── Data section ──
// The order of an assign's bindings, by what each needs and provides, and the call Order.
//
// `listed` has lists that grow, `provides` says which bindings provide a name, `needs` what a body
// needs, `sort` has the exact order over needs, `assign` the order of an assign's bindings, and `call`
// the call Order.
#![tactic(auto)]

use records::COUNT_LIMIT;

pub mod assign;
pub mod call;
pub mod listed;
pub mod needs;
pub mod provides;
pub mod sort;

// The most bindings of an assign. A cast, since a constant calls no From.
pub const BINDING_LIMIT: usize = COUNT_LIMIT as usize;

// More than every place in a record.
pub const PLACES: usize = 65536;

// The most names that the patterns, and that the bodies, of one record can hold: each takes four
// bytes or more.
pub const NEED_LIMIT: usize = 4096;

// How many indices of a row are placed, and in how many rounds.
#[derive(Clone, Copy)]
pub struct Sorted {
    pub placed: usize,
    pub rounds: usize,
}

// The order of `count` bindings. With all of them placed the row is the order; at a deadlock what
// stands in it from `placed` on is stuck. `rounds` is the number of nonempty rounds either way.
#[derive(Clone, Copy)]
pub struct Order {
    pub row: [u8; BINDING_LIMIT],
    pub count: usize,
    pub placed: usize,
    pub rounds: usize,
}
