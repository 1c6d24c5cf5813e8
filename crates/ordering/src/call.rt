// The call Order: the exact order of one assign's bindings, or a refusal.
ghost use Rattle.std.specs.Prelude.{◌≡◌, ◌-◌, ◌≤◌, length, take, drop};
ghost use Rattle.records.specs.Limits.{most_longest};
ghost use Rattle.ordering.specs.Assign.{SomeLet, AnswersLet};
ghost use Rattle.ordering.specs.Needs.{binding_limit};
ghost use Rattle.ordering.specs.OrderCall.{stuck_answer, order_answer, order_call};
ghost use Rattle.ordering.specs.OrderMeans.{OrderMeans};

use crate::Order;
use crate::assign::toposort_assign_bindings;
use names::bytes::{number, put};
use names::call::{accepted, refused};
use names::refusals::{place_at, placeless, refusing};
use names::{Answer, Place, Reason};
use records::bodies::let_view;
use records::input::open_input;
use records::{LOC_WIDTH, Wanted};

// Writes the order.
fn ordered(o: Order, counter: u64, res: &mut [u8]) -> Answer
    requires { (o.count ≤ binding_limit) × (length o.row ≡ binding_limit) × (o.count ≤ length res.old) }
    ensures { (result, res.new) ≡ order_answer counter res.old o.rounds (take o.count o.row) }
{
    let row = o.row;
    let len = o.count;
    put(res, 0, &row[..len]);
    // A cast: Rust has no From of usize for u64, and TryFrom would answer an error that cannot come.
    accepted(counter, o.rounds as u64, len)
}

// Writes the stuck bindings.
fn stuck(o: Order, place: Place, counter: u64, res: &mut [u8]) -> Answer
    requires { (o.count ≤ binding_limit) × (length o.row ≡ binding_limit) × (o.placed ≤ o.count) × (o.count ≤ length res.old) }
    ensures { (result, res.new) ≡ stuck_answer counter place res.old (take (o.count - o.placed) (drop o.placed o.row)) }
{
    let row = o.row;
    let from = o.placed;
    let end = o.count;
    put(res, 0, &row[from..end]);
    Answer {
        refusal: Some(refusing(Reason::Deadlock, place)),
        counter,
        rounds: 0,
        len: end - from,
    }
}

// The answer for an assign that is read.
fn order_of(counter: u64, s: &[u8], res: &mut [u8]) -> Answer
    requires s_len_bound { length s.now ≤ most_longest }
    requires some_let { SomeLet s.now }
    ensures { AnswersLet s.now counter res.old (result, res.new) }
{
    let v = let_view(s);
    if res.len() < usize::from(v.count) {
        return refused(placeless(Reason::ShortBuffer), counter);
    }
    let o = toposort_assign_bindings(s);
    if o.placed < o.count {
        let loc = v.loc;
        // A cast: Rust has no From of usize for u64, and TryFrom would answer an error that cannot come.
        let place = place_at(number(s, loc, LOC_WIDTH) as u64);
        stuck(o, place, counter, res)
    } else {
        ordered(o, counter, res)
    }
}

// Writes the order of an assign's bindings at the front of the result buffer, or, at a deadlock,
// the stuck ones.
pub fn order_call(f: usize, work: &mut [u8], counter: u64, input: &[u8], res: &mut [u8]) -> Answer
    ensures res_after { (result, res.new) ≡ order_call f (length work.old) counter input.now res.old }
    ensures order_means { OrderMeans input.now (result, res.new) }
{
    match open_input(Wanted::Assign, f, work.len(), counter, input) {
        Err(refusal) => refused(refusal, counter),
        Ok(()) => order_of(counter, input, res),
    }
}
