// What a body needs: for each name in its `to_sexp` that some binding of the assign provides, the
// bindings that do, as bits. They are listed behind the needs of the bodies before.
ghost use Rattle.std.specs.Prelude.{true, [], ◌∷◌, ◌≡◌, ◌≤◌, length};
ghost use Rattle.names.specs.Segments.{At};
ghost use Rattle.records.specs.Records.{Sexp, sexp_bytes};
ghost use Rattle.records.specs.Sexps.{truthy};
ghost use Rattle.records.specs.Valid.{SexpFields};
ghost use Rattle.ordering.specs.Listed.{SameRoom};
ghost use Rattle.ordering.specs.Listing.{Names, ListsSexp, ListsBody, ReachesKind, ReachesPattern, ReachesMember, ReachesMembers, ListsCaptured};
ghost use Rattle.ordering.specs.Words.{let_word};

use crate::listed::Listed;
use crate::provides::Provided;
use records::bodies::{call_view, lambda_view, let_view};
use records::past::{name_view, past_bytes, past_head, tagged_view};
use records::record::body_mark;
use records::sexps::{all_zero, sexp_view};
use records::skip::skip;
use records::{BodyMark, Family, Kind, LOC_WIDTH, MARK_WIDTH, SexpView};

// A name, if some binding provides it.
fn word(given: &Provided, name: &[u8], needs: &mut Listed<u64>)
    ensures { Names (name.now ∷ []) given.now needs.old needs.new }
{
    let bits = given.providers(name);
    if bits != 0 {
        needs.push(bits);
    }
}

// The names of the S record at the start of s, and where it ends.
#[cycle(sexp_words)]
fn sexp_needs(given: &Provided, s: &[u8], needs: &mut Listed<u64>) -> usize
    ensures { ListsSexp given.now s.now 0 needs.old needs.new result }
{
    match sexp_view(s) {
        SexpView::Nil(end) => end,
        SexpView::Pair(head) => {
            let tail = child_sexp(given, s, head, needs);
            child_sexp(given, s, tail, needs)
        }
        SexpView::Integer(b) | SexpView::Text(b) | SexpView::Atom(b) => {
            word(given, &s[b.start..b.end], needs);
            b.end
        }
        SexpView::Unknown => s.len(),
    }
}

// The names of the S record at a place, and where it ends.
#[cycle(sexp_words)]
fn child_sexp(given: &Provided, s: &[u8], at: usize, needs: &mut Listed<u64>) -> usize
    requires { at ≤ length s.now }
    ensures { ListsSexp given.now s.now at needs.old needs.new result }
{
    at + sexp_needs(given, &s[at..], needs)
}

// Whether the S record at the start of s is neither nil nor a number zero.
fn truthy(s: &[u8]) -> bool
    ensures { (t : Sexp) → SexpFields t → At s.now 0 (sexp_bytes t) → result ≡ truthy t }
{
    match sexp_view(s) {
        SexpView::Nil(_) => false,
        SexpView::Integer(b) | SexpView::Text(b) | SexpView::Atom(b) => {
            !all_zero(&s[b.start..b.end])
        }
        SexpView::Pair(_) | SexpView::Unknown => true,
    }
}

// The names of the body at the start of s, and where it ends.
#[cycle(body_words)]
pub fn body_needs(given: &Provided, s: &[u8], needs: &mut Listed<u64>) -> usize
    ensures { ListsBody given.now s.now 0 needs.old needs.new result }
{
    match body_mark(s) {
        Some(BodyMark::Let) => let_needs(given, s, needs),
        Some(BodyMark::Quoted) => {
            word(given, b"q", needs);
            child_sexp(given, s, past_bytes(s, 0, MARK_WIDTH), needs)
        }
        Some(BodyMark::Value) => child_sexp(given, s, past_bytes(s, 0, MARK_WIDTH), needs),
        Some(BodyMark::Call) => call_needs(given, s, needs),
        Some(BodyMark::Lambda) => lambda_needs(given, s, needs),
        Some(BodyMark::Mod) | None => skip(Family::Body, s),
    }
}

// The word that `to_sexp` writes for a let.
#[tactic(auto, unfolding(crate::specs::Words::let_word, names::specs::Names::ascii))]
fn let_word(given: &Provided, kind: Kind, needs: &mut Listed<u64>)
    ensures { Names (let_word kind ∷ []) given.now needs.old needs.new }
{
    match kind {
        Kind::Parallel => word(given, b"let", needs),
        Kind::Sequential => word(given, b"let*", needs),
        Kind::Assign => word(given, b"assign", needs),
    }
}

// The names of a BL, and where it ends.
#[cycle(body_words)]
fn let_needs(given: &Provided, s: &[u8], needs: &mut Listed<u64>) -> usize
    ensures { ReachesKind 0 given.now s.now 0 needs.old needs.new result }
{
    let v = let_view(s);
    let_word(given, v.kind, needs);
    let body = times(given, s, true, v.count, v.first, needs);
    child(given, s, false, body, needs)
}

// The names of a BC, and where it ends.
#[cycle(body_words)]
fn call_needs(given: &Provided, s: &[u8], needs: &mut Listed<u64>) -> usize
    ensures { ReachesKind 3 given.now s.now 0 needs.old needs.new result }
{
    let v = call_view(s);
    let tail = times(given, s, false, v.count, v.first, needs);
    let t = tagged_view(s, tail);
    if t.tag == 0 {
        return t.next;
    }
    word(given, b"&rest", needs);
    child(given, s, false, t.next, needs)
}

// The names of a BF, and where it ends: `to_sexp` writes no captures.
#[cycle(body_words)]
fn lambda_needs(given: &Provided, s: &[u8], needs: &mut Listed<u64>) -> usize
    ensures { ReachesKind 5 given.now s.now 0 needs.old needs.new result }
{
    let v = lambda_view(s);
    word(given, b"lambda", needs);
    capture_needs(given, s, v.capture_args, needs);
    let body = child_sexp(given, s, v.args, needs);
    child(given, s, false, body, needs)
}

// The names of the capture args, after `&`.
fn capture_needs(given: &Provided, s: &[u8], at: usize, needs: &mut Listed<u64>)
    requires { at ≤ length s.now }
    ensures room { SameRoom needs.old needs.new }
    ensures lists_captured { ListsCaptured given.now s.now at needs.old needs.new }
{
    if truthy(&s[at..]) {
        word(given, b"&", needs);
        child_sexp(given, s, at, needs);
    }
}

// The names of a BB, and where it ends.
#[cycle(body_words)]
fn binding_needs(given: &Provided, s: &[u8], needs: &mut Listed<u64>) -> usize
    ensures { ReachesMember 0 true given.now s.now 0 needs.old needs.new result }
{
    let pattern = past_bytes(s, past_head(s), LOC_WIDTH);
    let body = pattern_needs(given, s, pattern, needs);
    child(given, s, false, body, needs)
}

// The names of the pattern at a place, and where it ends.
fn pattern_needs(given: &Provided, s: &[u8], at: usize, needs: &mut Listed<u64>) -> usize
    requires { at ≤ length s.now }
    ensures { ReachesPattern given.now s.now at needs.old needs.new result }
{
    let v = tagged_view(s, at);
    if v.tag == 0 {
        let w = name_view(s, v.next);
        word(given, &s[w.start..w.end], needs);
        return w.end;
    }
    child_sexp(given, s, v.next, needs)
}

// The names of the binding or body at a place, and where it ends. None stands at the mark around it;
// on bytes that are no record the test makes the recursion end.
#[cycle(body_words)]
fn child(given: &Provided, s: &[u8], binding: bool, at: usize, needs: &mut Listed<u64>) -> usize
    requires { at ≤ length s.now }
    ensures { ReachesMember 1 binding given.now s.now at needs.old needs.new result }
{
    if at == 0 {
        return 0;
    }
    at + member_needs(given, &s[at..], binding, needs)
}

// The names of the binding or body at the start of s, and where it ends. `binding` says which, and no
// closure does: in a cycle of calls its clauses would have to be written out at each use.
#[cycle(body_words)]
fn member_needs(given: &Provided, s: &[u8], binding: bool, needs: &mut Listed<u64>) -> usize
    ensures { ReachesMember 0 binding given.now s.now 0 needs.old needs.new result }
{
    if binding {
        binding_needs(given, s, needs)
    } else {
        body_needs(given, s, needs)
    }
}

// The names of `count` bindings or bodies from a place on, and where the last ends.
#[cycle(body_words)]
fn times(
    given: &Provided,
    s: &[u8],
    binding: bool,
    count: u8,
    first: usize,
    needs: &mut Listed<u64>,
) -> usize
    requires { first ≤ length s.now }
    ensures { ReachesMembers binding count given.now s.now first needs.old needs.new result }
{
    let mut at = first;
    for _ in 0..count {
        at = child(given, s, binding, at, needs);
    }
    at
}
───
### Exercise directions
Each line above with the string "error" in it should be located and copied.

### Result
    // A cast: Rust has no From of usize for u64, and TryFrom would answer an error that cannot come.
        // A cast: Rust has no From of usize for u64, and TryFrom would answer an error that cannot come.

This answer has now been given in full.